My predecessor, Deputy Smith, introduced a Bill which became an Act which permitted the increase of the rents, thereby saving the ratepayers. As I said, that Bill went through this House. The House did not divide on the particular section and it became law and the rents were then increased or proposals to increase them were made, bringing the rental up to a differential of 10/10 to 17/3 plus poor rates.
In or about that time, Deputy Cunningham, who had the ear of Deputy Smith, then Minister for Local Government, supported the ratepayers in demanding then what he now demands from me. Despite the fact that he was a yes-man for the Minister—he admitted himself a few moments ago that he voted for the section and the Bill without knowing what was in it, as he was a yes-man for the Minister— the Minister in his wisdom refused to listen to his pleas and refused him a public inquiry and refused an investigation,  because we are believers, or rather I am, in democracy.
I believe that if the local authority want to do a thing and if they are the freely elected representatives of the people, then they should be permitted to do it. That is the reason why I introduced into the House the County Management (Amendment) Bill to enable local authorities to get away from the restrictive control of both managers and Ministers and to do what they want to do.
I must say, in fairness to my predecessor, that he introduced a Bill in or about the same time giving to the local authorities some of the powers which I am now giving to them in the Bill before the House. Despite that, Deputy Cunningham wants to have it hot and cold. Whenever an action of the local authority hurts he holds up his hands and says: “Minister, intervene and hold an investigation.” But as soon as the Minister intervenes in some cases he holds up his hands again and says: “Keep out. Why not leave it to the local authority?”

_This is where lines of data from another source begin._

//! The steps of a run with an open memo: failures are memoized, and at a memoized failure the machine backtracks at
//! once.

ghost use Rattle.std.specs.Prelude.{ℕ, ◌≡◌, ◌≢◌, ◌⊎◌, IfOk, true, false};
ghost use Rattle.sre_machine.specs.Terms.{Marks, no_marks, Instruction, Again, is_inside, spot, run_of, Refused};
ghost use Rattle.sre_machine.specs.Terms.{MayBeTried, Unmarked, attempt};
ghost use Rattle.sre_machine.specs.Paying.{HoldsTried};
ghost use Rattle.sre_machine.specs.Memos.{RecallsOf};
ghost use Rattle.sre_machine.specs.EndlessRuns.{IsEndlessRun};
ghost use Rattle.sre_machine.specs.Turns.{At, AtPoint, AtOnBoard, Fails, Takes, TriesOn, IsKeeping, LeavesOrStays};
ghost use Rattle.sre_machine.specs.Turns.{RefersToGroups, UnaskedMarks, AlikeMarks, ForksThere};
ghost use Rattle.sre_machine.specs.Turns.{ServesThere, IdleThere};
ghost use Rattle.sre_machine.specs.Turns.{BringsNoTolls, NoEndTold, RunsOnAt, RunsAtOnce, TriesKnown};

use crate::character_repeats::scan_price;
use crate::long_repeats::{endless_run, is_better_at_once, is_endless_run};
use crate::machine::{instruction, opcode};
use crate::memo::Memo;
use crate::scopes::{again, known_end};
use sre_board::{Board, Known};
use sre_chars::constants::SreOpcode;
use sre_chars::string::{StrDrive, StringCursor};
use sre_growth::Refusal;
use sre_request::Request;
use sre_turns::{Next, Point};
use std::alloc::Allocator;

/// Whether the machine may branch at an address, or may continue at that address itself. Between two such addresses
/// nothing branches, so failures are memoized only there.
#[inline(always)]
pub(super) fn may_branch<S: StrDrive>(
    req: &Request<'_, S>,
    place: usize,
    cursor: StringCursor,
) -> bool
    requires { At req.now place cursor }
    ensures free { result ≡ false → BringsNoTolls req.now (Instruction place) }
    ensures forks { result ≡ true → ForksThere req.now (Instruction place) }
{
    matches!(
        opcode(req, place, cursor),
        SreOpcode::BRANCH
            | SreOpcode::REPEAT
            | SreOpcode::MAX_UNTIL
            | SreOpcode::MIN_UNTIL
            | SreOpcode::REPEAT_ONE
            | SreOpcode::MIN_REPEAT_ONE
            | SreOpcode::POSSESSIVE_REPEAT
            | SreOpcode::POSSESSIVE_REPEAT_ONE
    )
}

/// Whether the machine may branch at a point. A possessive loop may continue with a further body, or end.
#[inline(always)]
pub(super) fn may_branch_at<S: StrDrive>(
    req: &Request<'_, S>,
    point: Point,
    cursor: StringCursor,
) -> bool
    requires { AtPoint req.now point cursor }
    ensures free { result ≡ false → BringsNoTolls req.now point }
    ensures forks { result ≡ true → ForksThere req.now point }
{
    match point {
        Point::Instruction(place) => may_branch(req, place, cursor),
        Point::Again => true,
        Point::Alternatives(_) => false,
        Point::Shorter(_, _) => false,
        Point::Longer(_, _) => false,
        Point::Inside(_) => false,
        Point::Tried(_) => false,
        Point::TriedAgain => false,
    }
}

/// Whether no live capture is set: those that are set end before the first group that the code reads.
#[inline(always)]
pub(super) fn is_unmarked<S: StrDrive, A: Allocator>(req: &Request<'_, S>, board: &Board<A>) -> bool
    ensures unmarked { result ≡ true → UnaskedMarks req.now board.now.marks }
    ensures marked { result ≡ false → RefersToGroups req.now }
{
    let code = req.pattern_codes();
    if !code.refers() {
        return true;
    }
    let first = 2 * code.asked_from() as usize;
    board.marks().raw().len() <= first
}

// Whether the live captures are those under which the memo has failures.
#[inline(always)]
fn is_marked_so<S: StrDrive, A: Allocator>(
    req: &Request<'_, S>,
    board: &Board<A>,
    memo: &Memo<A>,
) -> bool
    requires { RecallsOf req.now memo.now }
    ensures { result ≡ true → AlikeMarks req.now memo.now.marked.marks board.now.marks }
{
    let first = 2 * req.pattern_codes().asked_from() as usize;
    memo.marked().agrees(board.marks().raw(), first)
}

Mr. O'Donnell: Yes, or frustration as it is usually called. I am sorry for the unfortunate tenants. I am sorry for the ratepayers but I would be more sorry were the ratepayers saddled with the cost of building 26 new houses at a cost of £1,000 or £1,200 apiece. I would be very sorry indeed to see not only the local authority, but the State saddled with the building of new houses to house these unfortunate tenants. Remember Buncrana is not a precedent. The buying of old houses has been carried out in other towns, in Portlaw, in Waterford and in Gorey and carried out satisfactorily.
Mr. O'Donnell: Does he not know they were built by direct labour? Does he blame the decent workmen? He does. He blames the decent workmen of Buncrana. I am surprised because we have as fine workmen in Buncrana as there are in any other place in Ireland. I am ashamed that Deputy Cunningham would come in here and blame the decent workmen of that place for doing an inefficient job.
Mr. O'Donnell: Is the Deputy a contributor to the People's Press? I congratulate him. It is the best read paper in Donegal. Whom does the Deputy blame? Remember your predecessor, the man whose ear you had, refused to inquire into this matter. Do you blame these decent workmen? The job was done by direct labour, there was no contract. Do you blame the decent engineer who was in charge? I pose these questions to the Deputy, but he will not answer. I am afraid I cannot go further.